First assignment for “Bible Translation”

Similar to the reel-to-reel tapes I received

In 1984, I started volunteering to help the personnel at the United Bible Societies’ Americas Regional Center when a minicomputer with a word processing system and terminals were installed at the desks of the new office in Miami, FL. The center had moved its personnel, including typewriters, from Mexico City, but the American Bible Society advised them to get a minicomputer and try not only a word processor but also a typesetting system. They needed some training. So I learned how to use the word processor and then trained them, one on one, how to use it for different purposes.

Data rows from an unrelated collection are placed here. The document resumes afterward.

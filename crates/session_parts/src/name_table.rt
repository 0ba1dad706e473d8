// What a session keeps of names and objects.
ghost use Rattle.std.specs.Prelude.{◌≡◌, ◌≤◌, ◌+◌, ◌*◌, ◌++◌, length, map, IfOk, IsOk, OnOk};
ghost use Rattle.object_model.specs.declared.Object.{Object};
ghost use Rattle.trace_format.specs.declared.event.Name.{Name};
ghost use Rattle.object_model.specs.Keys.{key_payload};
ghost use Rattle.command_tables.specs.Table.{row_of};
ghost use Rattle.object_model.specs.History.{births_given, ends_by};
ghost use Rattle.replay_model.specs.Past.{named_of, object_in, objects_of, retrieved_by};
ghost use Rattle.session_tables.specs.Lined.{AreAdded, AreLeft, AreLined, owners_made};
ghost use Rattle.session_tables.specs.Shown.{args_shown};
ghost use Rattle.chain_model.specs.Handed.{hand_all, handle_in};
ghost use Rattle.session_parts.specs.Names.{CanKeep, CanSettle, TakesRoom, no_names};
ghost use Rattle.session_parts.specs.Scratch.{HoldsCalls, scratch_room};
ghost use Rattle.session_parts.specs.Opened.{returning_shown};

use crate::handed::HandedTable;
use crate::keeping::settle;
use crate::returning_call::ReturningCall;
use crate::scratch::Scratch;
use command_tables::{Effect, NoMemory};
use object_model::Argument;
use replay_model::Born;
use session_tables::{ObjectTable, RetrievedTable};
use std::alloc::{AllocError, Global};
use std::marker::Model;
use std::mem;

/// The names that stand for objects; the births of what lives; the retrieved objects with their owners and keys; and the handle of each object
/// that was born, as it stands above the first part of the chain. Contracts see besides for how much more there is room.
pub struct NameTable {
    alloc: Global,
    named: session_tables::NamedTable,
    objects: ObjectTable,
    retrieved: RetrievedTable,
    handed: HandedTable,
    // What the steps of a call that enters and of its return fill.
    scratch: Scratch,
}

impl Drop for NameTable {
    fn drop(self) {
        let NameTable {
            alloc: _alloc,
            named: _named,
            objects: _objects,
            retrieved: _retrieved,
            handed: _handed,
            scratch: _scratch,
        } = self;
    }
}

impl Model for NameTable {
    ghost use Rattle.session_parts.specs.Names.{NameTableState};
    ghost use Rattle.session_parts.specs.Scratch.{scratch_room};

    ghost Value = { NameTableState };

    ghost view = { λ t. record { kept = record { names = t.named.names; count = t.named.count; births = t.objects.births; retrieved = t.retrieved.kept; handed = t.handed.handed }; room = record { names = t.named.spare; births = t.objects.spare; links = t.objects.links; owners = t.objects.owners; handed = t.handed.spare; retrieved = t.retrieved.spare; bytes = t.retrieved.bytes; scratch = scratch_room t.scratch } } };
}

impl NameTable {
    /// No names and no objects. Takes no memory.
    pub fn new(alloc: Global) -> NameTable
        ensures { result.kept ≡ no_names }
    {
        NameTable {
            alloc,
            named: session_tables::NamedTable::new(alloc),
            objects: ObjectTable::new(alloc),
            retrieved: RetrievedTable::new(alloc),
            handed: HandedTable::new(alloc),
            scratch: Scratch::new(alloc),
        }
    }

    /// A table of its own that keeps the same. Of room nothing is said.
    pub fn copy(&self) -> Result<NameTable, NoMemory>
        ensures { IfOk result (λ copy. copy.kept ≡ self.now.kept) }
    {
        Ok(NameTable {
            alloc: self.alloc,
            named: self.named.copy()?,
            objects: self.objects.copy()?,
            retrieved: self.retrieved.copy()?,
            handed: self.handed.copy()?,
            scratch: Scratch::new(self.alloc),
        })
    }

    /// Makes room for so many further results with so many bytes of payloads, and for calls with so many arguments at each parameter and
    /// as many results each. After `NoMemory` what is kept is as before, and no room is lost.
    pub fn reserve(&mut self, results: usize, bytes: usize, args: usize) -> Result<(), NoMemory>
        ensures kept { self.new.kept ≡ self.old.kept }
        ensures ok { OnOk result (CanKeep results bytes self.new.room) }
        ensures scratch { OnOk result (HoldsCalls args results self.new.room.scratch) }
        ensures room { TakesRoom 0 0 self.old.room self.new.room }
    {
        self.named.reserve(results)?;
        self.objects.reserve(results)?;
        self.retrieved.reserve(results, bytes)?;
        self.handed.reserve(results)?;
        self.scratch.reserve(args, results)?;
        Ok(())
    }

    /// The names with their objects.
    pub fn named(&self) -> &session_tables::NamedTable
        ensures names { result.now.names ≡ self.now.kept.names }
        ensures count { result.now.count ≡ self.now.kept.count }
    {
        &self.named
    }

    /// What lives.
    pub fn objects(&self) -> &ObjectTable
        ensures { result.now.births ≡ self.now.kept.births }
    {
        &self.objects
    }

    /// The retrieved objects.
    pub fn retrieved(&self) -> &RetrievedTable
        ensures { result.now.kept ≡ self.now.kept.retrieved }
    {
        &self.retrieved
    }

    /// The handles above the first part.
    pub fn handed(&self) -> &HandedTable
        ensures { result.now.handed ≡ self.now.kept.handed }
    {
        &self.handed
    }

    /// Takes what the steps of a call fill.
    pub(crate) fn take_scratch(&mut self) -> Scratch
        ensures kept { self.new.kept ≡ self.old.kept }
        ensures room { self.new.room ≡ record self.old.room { scratch = self.new.room.scratch } }
        ensures scratch { scratch_room result ≡ self.old.room.scratch }
    {
        mem::replace(&mut self.scratch, Scratch::new(self.alloc))
    }

    /// Keeps it for the next call.
    pub(crate) fn keep_scratch(&mut self, scratch: Scratch)
        ensures kept { self.new.kept ≡ self.old.kept }
        ensures room { self.new.room ≡ record self.old.room { scratch = scratch_room scratch } }
    {
        self.scratch = scratch;
    }

    /// Ends what a call ends. Takes no memory.
    pub(crate) fn end_some(&mut self, args: &[Vec<Argument>], effect: Effect)
        requires { AreLined self.old.kept.births }
        ensures left { AreLeft self.old.kept.births (ends_by self.old.kept.births (args_shown args.now) effect) self.new.kept.births }
        ensures rest { self.new.kept ≡ record self.old.kept { births = self.new.kept.births } }
        ensures room { TakesRoom 0 0 self.old.room self.new.room }
    {
        self.objects.end_some(args, effect);
    }

    /// Gives each object that a call made its handle: the results that aren't lost, in turn.
    pub fn hand_each(&mut self, made: &[Born], handles: &[u64]) -> Result<(), AllocError>
        ensures handed { OnOk result ((o : Object) → handle_in self.new.kept.handed o ≡ handle_in (hand_all self.old.kept.handed made.now handles.now) o) }
        ensures rest { self.new.kept ≡ record self.old.kept { handed = self.new.kept.handed } }
        ensures succeeds { length made.now ≤ self.old.room.handed → IsOk result }
        ensures room { self.new.room ≡ record self.old.room { handed = self.new.room.handed } }
        ensures handed_room { self.old.room.handed ≤ self.new.room.handed + length made.now }
    {
        self.handed.hand_each(made, handles)
    }

    /// Adds what a call made: its names, its births and what it retrieved first. Where there is room for so many, this takes no memory.
    pub fn settle(&mut self, call: ReturningCall<'_>, born: &[Born]) -> Result<(), AllocError>
        ensures names { OnOk result ((q : Name) → object_in self.new.kept.names q ≡ object_in (self.old.kept.names ++ map named_of born.now) q) }
        ensures count { OnOk result (self.new.kept.count ≡ self.old.kept.count + length born.now) }
        ensures births { OnOk result (AreAdded self.old.kept.births (births_given self.old.kept.births (args_shown call.entry.args.now) (row_of call.entry.cmd).effect (objects_of born.now)) self.new.kept.births) }
        ensures retrieved { OnOk result (self.new.kept.retrieved ≡ self.old.kept.retrieved ++ retrieved_by self.old.kept.births (returning_shown call.entry) born.now) }
        ensures handed { self.new.kept.handed ≡ self.old.kept.handed }
        ensures succeeds { length (owners_made self.old.kept.births (args_shown call.entry.args.now) (row_of call.entry.cmd).effect) ≤ 3 → CanSettle (length born.now) (length born.now * length (key_payload call.entry.cmd call.entry.payload.now)) self.old.room → IsOk result }
        ensures handed_room { self.new.room.handed ≡ self.old.room.handed }
        ensures room { length (owners_made self.old.kept.births (args_shown call.entry.args.now) (row_of call.entry.cmd).effect) ≤ 3 → TakesRoom (length born.now) (length born.now * length (key_payload call.entry.cmd call.entry.payload.now)) self.old.room self.new.room }
    {
        settle(
            self.alloc,
            call,
            born,
            &mut self.named,
            &mut self.objects,
            &mut self.retrieved,
        )
    }
}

I had learned how to use different mainframes and minicomputers and word processors in my previous jobs. I was currently using an ATEXT terminal, same as the used in newspapers, to develop educational content for Videotext. The ATEX keyboard included a number of innovations which greatly facilitated text entry and editing, like macros that could rapidly correct and change text, as needed.

Videotex was an end-user information system. It delivered information to a user in computer-like format, to be displayed on a television. Videotex provided interactive content and displayed it on a television, using modems to send data in both directions.

Then the Americas Regional Center of United Bible Societies (UBS) opened a new position for a person to train translation teams to use the brand new “portable computers” that they were encouraged to start using to hopefully expedite the time of translation. Some members of UBS encouraged me to apply for the position.

From an economic point of view the salary offered for that position was a third of what I was getting at my job with Knight Reader corporation.

It was not an easy decision for me to decide if I should apply or not, because I needed to bring my parents to live with me. The heart doctor of my father recommended for him to live in Miami because Chile was too high in altitude for his heart to survive.

However, as new Christian, hardly familiar with the Bible, it was a particularly challenging and tempting opportunity. The perspective of learning innovative technologies and its applications to Bible translation was irresistible to me. Looking back now, I know that the Holy Spirit was leading me to live the life God planned for me.

I saw the opportunity as an obvious demonstration of God’s humor. I thought “I would have to become very familiar with the Scriptures.”

So, I gathered all my papers and applied to the position thinking “God will have to provide if I’m selected.”

I understood that two other people had also presented credentials to apply for the position, but I was selected.

One of my first assignments was to find a way to convert translated text that was stored in EBCDIC code on reel-to-reel 9-inch tapes.

EBCDIC, or Extended Binary Coded Decimal Interchange Code, was an 8-bit character encoding system developed by IBM. The code was used in mainframe and midrange computer operating systems. It was created in the 1960s and used for business. The code differs from the more commonly used ASCII encoding in how it assigns binary values to characters.

Nobody could tell me why that method was used to store that text. However after many calls, and some guidance from colleagues in New York and Canada, I found some hints about a place that could convert the text to ASCII code.

ASCII stands for American Standard Code for Information Interchange. It is a character encoding standard used to represent text in computers. It includes 128 characters, consisting of letters, digits, punctuation marks, and control characters.

Finally, I found somebody who could do the conversion in Minnesota, and there I went during the month of February of 1985. It was my first time in Minneapolis–Saint Paul International Airport. I stayed in a hotel and, after I visited the famous overhead walkways in downtown Minneapolis, I rented a car. I was glad I had some practice driving in snow in Chile because it was a very white road to Fergus Falls!

There I met with a member of the Lutheran Brethren who had a typesetting system and had previously dealt with the conversion of EBCDIC to ASCII.

He asked me to stay with his daughter and her husband at their farm near Fargo. I stayed with them for a day or two, learning how to protect windows with plastic from the cold in that area. Her husband kept an apiary at the farm. An apiary is a location where beehives of honey bees are kept. He told me that he had taken the beehives on a truck to a place in Florida to spend the winter and he will transport them back to their farm during the summer. They also planted brown rice. I ate very good honey when we had meals.

I went back to Miami with floppy disks with the content of the reel-to-reel 9-inche tapes converted to ASCII and a bag of brow rice and small jar of honey!